// Ethernet types (IEEE 802 Numbers of IANA).
pub const IPV4_TYPE: u128 = 0x0800;

pub const ARP_TYPE: u128 = 0x0806;

pub const IPV6_TYPE: u128 = 0x86dd;

// Protocols of IP (Protocol Numbers of IANA).
pub const ICMP_PROTOCOL: u128 = 1;

pub const TCP_PROTOCOL: u128 = 6;

pub const UDP_PROTOCOL: u128 = 17;

pub const ICMP6_PROTOCOL: u128 = 58;
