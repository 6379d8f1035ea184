//! Which keys may be in a map, so that most of those that aren't need no look-up.

ghost use Rattle.std.specs.Prelude.{◌≡◌, ◌<◌, ℕ, true};
ghost use Rattle.masked_map.specs.Filters.{has_mark, word_of, bit_of};

use std::alloc::{AllocError, Global};

/// How many bits a word has.
const WORD_BITS: u64 = 64;

/// The first bit of the upper half of a mark, which tells the word.
const WORD_SHIFT: u32 = 32;

/// The first of the bits of a mark that tell the bit of the word: those below the upper half.
const BIT_SHIFT: u32 = WORD_SHIFT - 6;

/// How many bits of a word may be set, on average.
const KEYS_PER_WORD: usize = 8;

/// A Bloom filter with one hash function (Bloom, "Space/Time Trade-offs in Hash Coding with Allowable Errors", CACM 13(7),
/// 1970). A key that was added may be there; of those that weren't it rules most out.
#[derive(Drop)]
pub(crate) struct KeyFilter {
    /// Without any no key is ruled out.
    pub(crate) words: Vec<u64>,
    /// How many bits may be set still before it rules too few keys out.
    left: usize,
}

impl KeyFilter {
    /// One that rules no key out. It takes no memory.
    pub(crate) fn none(alloc: Global) -> KeyFilter
        ensures { (mark : ℕ) → has_mark result mark ≡ true }
    {
        KeyFilter {
            words: Vec::new(alloc),
            left: 0,
        }
    }

    /// One for so many keys and as many more, to which none was added. The only error is out of memory.
    pub(crate) fn for_keys(alloc: Global, keys: usize) -> Result<KeyFilter, AllocError> {
        let count = 2 * (keys / KEYS_PER_WORD + 1);
        Ok(KeyFilter {
            words: vec![in alloc; 0; count]?,
            left: count.saturating_mul(KEYS_PER_WORD),
        })
    }

    /// Whether as many bits are set as should be. Those of keys that went are among them.
    pub(crate) fn is_full(&self) -> bool {
        self.left == 0
    }

    /// Whether a key of this mark may be there.
    #[inline(always)]
    pub(crate) fn may_have(&self, mark: u64) -> bool
        ensures { result ≡ has_mark self.now mark }
    {
        let place = word_of(self.words.len(), mark);
        if place >= self.words.len() {
            return true;
        }
        self.words[place] >> bit_of(mark) & 1 == 1
    }

    /// A key of this mark may be there from now on.
    pub(crate) fn add(&mut self, mark: u64)
        ensures marked { has_mark self.new mark ≡ true }
        ensures keeps { (other : ℕ) → has_mark self.old other ≡ true
            → has_mark self.new other ≡ true }
    {
        let place = word_of(self.words.len(), mark);
        if place < self.words.len() {
            let word = self.words[place];
            let with_bit = word | 1 << bit_of(mark);
            self.words[place] = with_bit;
            self.left = self.left.saturating_sub(usize::from(with_bit != word));
        }
    }
}

/// The place of the word that a mark tells, of so many: as far among them as its upper half is among all numbers.
#[inline]
fn word_of(count: usize, mark: u64) -> usize
    ensures { result ≡ word_of count mark }
{
    ((mark >> WORD_SHIFT).wrapping_mul(count as u64) >> WORD_SHIFT) as usize
}

/// The bit of that word, by bits below these.
#[inline]
fn bit_of(mark: u64) -> u32
    ensures value { result ≡ bit_of mark }
    ensures within { result < 64 }
{
    ((mark >> BIT_SHIFT) % WORD_BITS) as u32
}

· · ·

#### [The problem]
State only the count of lines above that hold the string "upper".

#### [Solution for this exercise]
3